EXERCISE DETAILS:
Gather each line of the entries below that includes "marks".
(Beginning of SUPPLIED RECORDS)
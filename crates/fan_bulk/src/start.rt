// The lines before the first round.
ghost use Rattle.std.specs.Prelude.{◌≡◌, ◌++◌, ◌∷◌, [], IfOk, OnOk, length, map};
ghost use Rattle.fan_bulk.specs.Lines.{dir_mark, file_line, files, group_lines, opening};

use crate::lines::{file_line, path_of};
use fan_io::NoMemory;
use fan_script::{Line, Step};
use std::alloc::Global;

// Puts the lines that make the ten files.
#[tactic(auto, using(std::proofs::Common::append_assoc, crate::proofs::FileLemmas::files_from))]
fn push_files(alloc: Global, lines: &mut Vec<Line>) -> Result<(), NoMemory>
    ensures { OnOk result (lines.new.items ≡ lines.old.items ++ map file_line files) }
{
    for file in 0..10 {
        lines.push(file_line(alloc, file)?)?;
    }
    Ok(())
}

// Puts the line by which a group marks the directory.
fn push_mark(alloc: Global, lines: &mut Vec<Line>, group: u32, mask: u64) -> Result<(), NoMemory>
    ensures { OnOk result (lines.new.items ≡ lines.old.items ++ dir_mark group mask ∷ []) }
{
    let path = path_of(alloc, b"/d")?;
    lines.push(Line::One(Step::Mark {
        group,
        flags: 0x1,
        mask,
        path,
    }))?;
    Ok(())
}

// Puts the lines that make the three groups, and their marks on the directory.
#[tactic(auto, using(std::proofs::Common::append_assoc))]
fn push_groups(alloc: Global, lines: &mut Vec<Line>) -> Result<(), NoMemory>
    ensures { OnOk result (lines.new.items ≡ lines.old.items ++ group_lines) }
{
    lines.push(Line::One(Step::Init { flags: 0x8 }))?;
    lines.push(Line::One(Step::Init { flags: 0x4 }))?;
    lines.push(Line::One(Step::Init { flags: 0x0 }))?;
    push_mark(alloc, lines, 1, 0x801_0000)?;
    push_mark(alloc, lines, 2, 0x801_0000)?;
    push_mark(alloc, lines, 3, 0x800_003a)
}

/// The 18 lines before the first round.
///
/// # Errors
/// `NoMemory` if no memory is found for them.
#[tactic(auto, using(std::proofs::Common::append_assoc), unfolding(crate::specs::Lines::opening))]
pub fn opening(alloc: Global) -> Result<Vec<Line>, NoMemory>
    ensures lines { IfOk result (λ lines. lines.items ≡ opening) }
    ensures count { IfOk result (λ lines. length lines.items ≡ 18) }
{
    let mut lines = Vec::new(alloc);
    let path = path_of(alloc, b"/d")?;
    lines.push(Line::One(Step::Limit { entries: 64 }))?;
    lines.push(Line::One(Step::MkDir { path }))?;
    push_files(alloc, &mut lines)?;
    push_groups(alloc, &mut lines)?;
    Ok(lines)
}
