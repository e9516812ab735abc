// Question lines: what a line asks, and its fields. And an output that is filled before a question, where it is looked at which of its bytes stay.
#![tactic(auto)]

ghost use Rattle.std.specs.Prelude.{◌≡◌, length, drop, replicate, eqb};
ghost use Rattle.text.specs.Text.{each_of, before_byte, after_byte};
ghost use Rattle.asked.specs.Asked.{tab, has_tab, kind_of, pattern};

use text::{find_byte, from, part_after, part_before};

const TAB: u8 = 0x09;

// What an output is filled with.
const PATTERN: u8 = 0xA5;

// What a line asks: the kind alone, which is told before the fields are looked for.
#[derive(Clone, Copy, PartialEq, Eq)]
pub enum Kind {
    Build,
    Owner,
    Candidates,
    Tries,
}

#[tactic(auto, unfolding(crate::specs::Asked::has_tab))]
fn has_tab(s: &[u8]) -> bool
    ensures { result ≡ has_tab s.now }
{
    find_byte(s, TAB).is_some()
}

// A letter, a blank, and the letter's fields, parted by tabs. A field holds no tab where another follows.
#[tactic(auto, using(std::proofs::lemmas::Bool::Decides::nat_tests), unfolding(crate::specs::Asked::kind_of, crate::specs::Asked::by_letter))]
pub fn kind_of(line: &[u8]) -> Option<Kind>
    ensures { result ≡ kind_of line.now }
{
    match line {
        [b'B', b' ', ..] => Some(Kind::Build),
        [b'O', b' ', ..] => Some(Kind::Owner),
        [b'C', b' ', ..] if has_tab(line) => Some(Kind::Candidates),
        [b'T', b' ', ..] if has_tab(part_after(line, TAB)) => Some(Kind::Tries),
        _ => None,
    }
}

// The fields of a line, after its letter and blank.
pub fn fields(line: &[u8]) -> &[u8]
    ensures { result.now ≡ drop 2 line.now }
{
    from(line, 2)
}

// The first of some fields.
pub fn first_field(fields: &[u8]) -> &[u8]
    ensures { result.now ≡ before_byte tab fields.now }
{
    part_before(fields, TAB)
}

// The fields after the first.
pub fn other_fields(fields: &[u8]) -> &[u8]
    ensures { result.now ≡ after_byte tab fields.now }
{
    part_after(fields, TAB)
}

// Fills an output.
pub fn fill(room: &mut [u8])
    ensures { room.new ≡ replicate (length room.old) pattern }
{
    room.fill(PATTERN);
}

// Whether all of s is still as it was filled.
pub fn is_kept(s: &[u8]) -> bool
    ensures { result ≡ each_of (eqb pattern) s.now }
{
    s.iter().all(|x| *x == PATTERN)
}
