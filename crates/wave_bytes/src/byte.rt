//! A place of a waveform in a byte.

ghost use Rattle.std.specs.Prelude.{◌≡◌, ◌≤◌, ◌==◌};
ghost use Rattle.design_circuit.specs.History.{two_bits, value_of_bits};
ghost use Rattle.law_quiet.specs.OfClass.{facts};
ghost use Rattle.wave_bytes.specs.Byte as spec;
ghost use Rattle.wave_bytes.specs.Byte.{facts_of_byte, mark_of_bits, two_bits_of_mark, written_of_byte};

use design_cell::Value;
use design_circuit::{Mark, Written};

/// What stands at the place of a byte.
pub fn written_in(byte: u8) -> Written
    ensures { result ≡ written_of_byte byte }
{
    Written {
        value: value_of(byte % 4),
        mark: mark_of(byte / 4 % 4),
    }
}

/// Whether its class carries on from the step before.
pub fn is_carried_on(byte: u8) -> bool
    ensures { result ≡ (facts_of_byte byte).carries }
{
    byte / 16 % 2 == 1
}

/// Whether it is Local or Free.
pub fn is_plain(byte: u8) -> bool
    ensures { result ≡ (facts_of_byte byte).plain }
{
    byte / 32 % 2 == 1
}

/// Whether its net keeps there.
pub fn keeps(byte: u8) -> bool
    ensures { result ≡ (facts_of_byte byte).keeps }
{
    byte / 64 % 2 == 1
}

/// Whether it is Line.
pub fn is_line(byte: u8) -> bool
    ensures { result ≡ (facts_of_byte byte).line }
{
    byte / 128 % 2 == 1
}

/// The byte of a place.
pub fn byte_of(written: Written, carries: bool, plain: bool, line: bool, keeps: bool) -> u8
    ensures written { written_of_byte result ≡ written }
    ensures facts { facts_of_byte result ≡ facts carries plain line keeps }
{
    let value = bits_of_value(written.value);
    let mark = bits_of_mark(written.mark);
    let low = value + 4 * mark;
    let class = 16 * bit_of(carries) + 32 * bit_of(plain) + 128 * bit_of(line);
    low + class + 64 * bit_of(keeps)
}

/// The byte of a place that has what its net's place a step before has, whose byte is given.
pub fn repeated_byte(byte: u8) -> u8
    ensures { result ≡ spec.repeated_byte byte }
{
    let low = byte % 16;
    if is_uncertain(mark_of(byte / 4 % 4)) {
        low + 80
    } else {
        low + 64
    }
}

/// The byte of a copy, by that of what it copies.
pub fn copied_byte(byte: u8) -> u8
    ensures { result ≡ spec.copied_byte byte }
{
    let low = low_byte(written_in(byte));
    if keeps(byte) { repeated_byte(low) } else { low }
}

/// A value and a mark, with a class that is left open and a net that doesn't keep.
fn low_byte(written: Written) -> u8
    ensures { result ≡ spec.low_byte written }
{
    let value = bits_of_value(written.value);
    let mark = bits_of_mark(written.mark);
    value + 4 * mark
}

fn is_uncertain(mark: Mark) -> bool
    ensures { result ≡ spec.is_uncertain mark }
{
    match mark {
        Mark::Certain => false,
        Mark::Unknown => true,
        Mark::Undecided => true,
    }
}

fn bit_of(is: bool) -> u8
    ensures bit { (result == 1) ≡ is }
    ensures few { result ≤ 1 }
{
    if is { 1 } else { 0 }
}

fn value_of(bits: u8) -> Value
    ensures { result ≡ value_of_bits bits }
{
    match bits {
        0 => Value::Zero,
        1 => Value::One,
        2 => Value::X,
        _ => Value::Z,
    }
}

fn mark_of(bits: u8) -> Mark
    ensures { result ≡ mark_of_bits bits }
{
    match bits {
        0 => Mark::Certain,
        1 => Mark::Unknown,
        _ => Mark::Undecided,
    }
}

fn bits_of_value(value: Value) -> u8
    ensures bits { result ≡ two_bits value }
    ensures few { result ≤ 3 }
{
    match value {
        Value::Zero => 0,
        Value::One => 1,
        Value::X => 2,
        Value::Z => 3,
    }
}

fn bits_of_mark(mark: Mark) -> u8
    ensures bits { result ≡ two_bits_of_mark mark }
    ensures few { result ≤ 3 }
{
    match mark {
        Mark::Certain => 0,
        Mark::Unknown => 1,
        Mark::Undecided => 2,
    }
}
(End of SUPPLIED RECORDS)
WRITTEN ANSWER:
// Puts the line by which a group marks the directory.
// Puts the lines that make the three groups, and their marks on the directory.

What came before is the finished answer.